# USB <--> Serial Converter Kabel



## RobiHerb (28 Mai 2010)

Das Problem ist wohl bekannt, moderne PC Laptops haben keine Serielle Schnittstelle mehr, meine Adapterkabel USB auf Serial laufen auf Windows XP und sind Noname, der neue Netbook hat Windows 7 Starter installiert.

Muss man den neuen Rechner auf XP zurückbauen oder kennt jemand eine Quelle für aktuelle Treiber?


----------



## thomass5 (28 Mai 2010)

Vielleicht passt ja davon was http://www.ftdichip.com/FTDrivers.htm
Thomas


----------



## RobiHerb (28 Mai 2010)

*Leider doch Fehlanzeige*

Danke für die Information, aber leider kein WIN 7 Treiber im Angebot.


----------



## MSB (28 Mai 2010)

In dem Bildchen ist Win 7 in 32/64 Bit Version doch eindeutig genannt ...

Ich hab letztens einen Kollegen mein USB-RS232 Kabel geliehen,
und da hatte Windows 7 den Treiber sogar von Haus aus an Board.

Mfg
Manuel


----------



## RobiHerb (29 Mai 2010)

*Genannt aber nicht vorhanden*



MSB schrieb:


> In dem Bildchen ist Win 7 in 32/64 Bit Version doch eindeutig genannt ...
> 
> ...
> Mfg
> Manuel



Genannt bedeutet noch nicht vorhanden oder gar es funktioniert.
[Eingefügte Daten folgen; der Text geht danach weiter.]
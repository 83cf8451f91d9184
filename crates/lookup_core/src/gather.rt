//! What the answers give beside contacts: peers, tokens and items.
ghost use Rattle.std.specs.Prelude.{◌≡◌, ◌∷◌, ◌++◌, [], true, option_copied, option_map, OnOk, Contains, Any};
ghost use Rattle.std.specs.List.{flat_map};
ghost use Rattle.std.specs.Ordering.{is_eq};
ghost use Rattle.std.specs.List.Sorted.{IsStrictlySortedBy};
ghost use Rattle.kad_bencode.specs.Spelling.{text_of};
ghost use Rattle.kad_krpc.specs.Fields.{peers_in};
ghost use Rattle.lookup_core.specs.Quest.{part_of};
ghost use Rattle.lookup_core.specs.Reply.{answered_seen};
ghost use Rattle.lookup_core.specs.Gathered.{tokens_in, items_in, values_of, item_of, IsEachOnce, KeepsAlso, KeepsFor};

use crate::on_reply::Answered;
use crate::quest::AskKind;
use kad_base::{Addrs, Bytes, Contact, List, NoMemory};
use kad_bencode::{Items, Piece};
use kad_krpc::push_peers;
use std::alloc::Global;

/// The token that a contact gave: what a later `announce_peer` (BEP 5) or `put` (BEP 44) to it has to bring along.
#[derive(Debug, Drop, PartialEq, Eq)]
pub struct Token {
    pub contact: Contact,
    pub token: Bytes,
}

pub type Tokened = List<Token>;

/// What a contact gave as the item that was asked for: `v` is its written form (BEP 44), of whatever length, and its
/// hash need not be the key.
#[derive(Debug, Drop, PartialEq, Eq)]
pub struct Item {
    pub contact: Contact,
    pub v: Bytes,
}

pub type ItemList = List<Item>;

/// What the heard answers of a lookup gave beside contacts, in the order of the answers: the peers that they named, which
/// may stand there more than once, the tokens, and the items.
#[derive(Debug, Drop)]
pub struct Gathered {
    pub peers: Addrs,
    pub tokens: Tokened,
    pub items: ItemList,
}

/// Keeps the peers that the answer names.
fn keep_values(peers: &mut Addrs, values: Option<Items>) -> Result<(), NoMemory>
    ensures { OnOk result (peers.new ≡ peers.old ++ part_of (peers_in values.entry)) }
{
    match values {
        Some(values) => push_peers(peers, values),
        None => Ok(()),
    }
}

/// Keeps the token that the answer gives.
fn keep_token(
    alloc: Global,
    gathered: &mut Gathered,
    contact: Contact,
    token: Option<&[u8]>,
) -> Result<(), NoMemory>
    ensures peers { gathered.new.peers ≡ gathered.old.peers }
    ensures items { gathered.new.items ≡ gathered.old.items }
    ensures tokens { OnOk result (gathered.new.tokens
        ≡ gathered.old.tokens ++ tokens_in contact (option_copied token.entry)) }
{
    match token {
        Some(text) => {
            let token = List::from_slice(alloc, text)?;
            gathered.tokens.push(Token { contact, token })
        }
        None => Ok(()),
    }
}

/// Keeps the item that the answer gives, in its written form.
fn keep_item(
    alloc: Global,
    gathered: &mut Gathered,
    contact: Contact,
    value: Option<Piece>,
) -> Result<(), NoMemory>
    ensures peers { gathered.new.peers ≡ gathered.old.peers }
    ensures tokens { gathered.new.tokens ≡ gathered.old.tokens }
    ensures items { OnOk result (gathered.new.items
        ≡ gathered.old.items ++ items_in contact (option_map text_of value.entry)) }
{
    match value {
        Some(value) => {
            let v = value.written(alloc)?;
            gathered.items.push(Item { contact, v })
        }
        None => Ok(()),
    }
}

/// Keeps the peers and the token that the answer gives.
fn gather_peers(alloc: Global, gathered: &mut Gathered, answered: Answered) -> Result<(), NoMemory>
    ensures { OnOk result (KeepsAlso (answered_seen answered.entry ∷ [])
        (flat_map values_of (answered_seen answered.entry ∷ [])) [] gathered.old gathered.new) }
{
    let Answered { contact, answer } = answered;
    keep_values(&mut gathered.peers, answer.values)?;
    keep_token(alloc, gathered, contact, answer.token)
}

/// Keeps the item and the token that the answer gives.
fn gather_items(alloc: Global, gathered: &mut Gathered, answered: Answered) -> Result<(), NoMemory>
    ensures { OnOk result (KeepsAlso (answered_seen answered.entry ∷ []) []
        (flat_map item_of (answered_seen answered.entry ∷ [])) gathered.old gathered.new) }
{
    let Answered { contact, answer } = answered;
    keep_item(alloc, gathered, contact, answer.v)?;
    keep_token(alloc, gathered, contact, answer.token)
}

/// Copies of an answer that was heard what a lookup of this kind asks for beside contacts, and nothing else. Without memory
/// some of it may have been kept.
pub fn keep(
    alloc: Global,
    gathered: &mut Gathered,
    kind: AskKind,
    answered: Answered,
) -> Result<(), NoMemory>
    ensures { OnOk result (KeepsFor kind (answered_seen answered.entry ∷ []) gathered.old
        gathered.new) }
{
    match kind {
        AskKind::FindNode => Ok(()),
        AskKind::GetPeers => gather_peers(alloc, gathered, answered),
        AskKind::GetItem => gather_items(alloc, gathered, answered),
    }
}

/// The different members of the list, in order. Takes no memory.
fn each_once<T: Ord + Drop>(items: Vec<T>) -> Vec<T>
    ensures in_order { IsStrictlySortedBy T.cmp result.items }
    ensures of_list { (x : T) → Contains result.items x → Contains items.items x }
    ensures all { (x : T) → Contains items.items x
        → Any (λ y. is_eq (T.cmp x y) ≡ true) result.items }
{
    let mut items = items;
    items.sort_unstable();
    items.dedup();
    items
}

/// The different addresses, in order: IPv4 first, by the bytes of the address and then the port. Takes no memory.
pub fn in_order(peers: Addrs) -> Addrs
    ensures { IsEachOnce peers result }
{
    let items = each_once(peers.into_vec());
    List::from_vec(items)
}

/// Nothing yet. Takes no memory.
pub fn nothing(alloc: Global) -> Gathered
    ensures peers { result.peers ≡ [] }
    ensures tokens { result.tokens ≡ [] }
    ensures items { result.items ≡ [] }
{
    Gathered {
        peers: List::new(alloc),
        tokens: List::new(alloc),
        items: List::new(alloc),
    }
}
Ich müsste allerdings einmal auf meiner WIN7 CD/DVD sehen, ob das sowas zum nachinstallieren drauf ist.


----------



## thomass5 (29 Mai 2010)

WIN7 Starter hat aber schon einige Einschränkungen. Ein CD/DVD - Brenner ist ja auch nicht so leicht dranzubekommen. Wie dann andere Gerätedreiber das sehen  . Der Treiber auf der Seite ist schon für W7, wenn das Kabel auf dem entsprechenden Chip basiert. Neben mir steht auch ein Netbook mit W7s. Wenn die Benutzerin es mir gestattet werd ich bei gelegenheit mal meinen USB->ser Adapter daran austesten. Vielleicht morgen mehr.
Thomas


----------



## thomass5 (31 Mai 2010)

*so*

... nach vielen Versuchen mit W7 Treibern hab ich nun den Vista-Treiber benutzt, und zum erstaunen keinen Fehler meh erhalten. Ob der Adapter auch mit RS232 kommuniziert werde ich andermal testen. Ich hab einen LogiLink AU0002B mit Prolific Chip.  Den Treiber hab ich von der LogiLink -Seite.
Installiert hab ich den Treiber mit ausführen als Admin.
Ich werde weiter berichten, wenn ich wieder an das Netbook darf, und meine Finger sich von der Tastatur erholt haben ;-).

Thomas


----------



## simaticplc (13 Juni 2010)

*USB Serial adapter*

Habe auch schon viele USB zu seriell adapter ausprobiert, am Besten haben bis jetzt noch die mit dem Profilic Chip gearbeitet. Das bekommt man nach dem Anschließen angezeigt. 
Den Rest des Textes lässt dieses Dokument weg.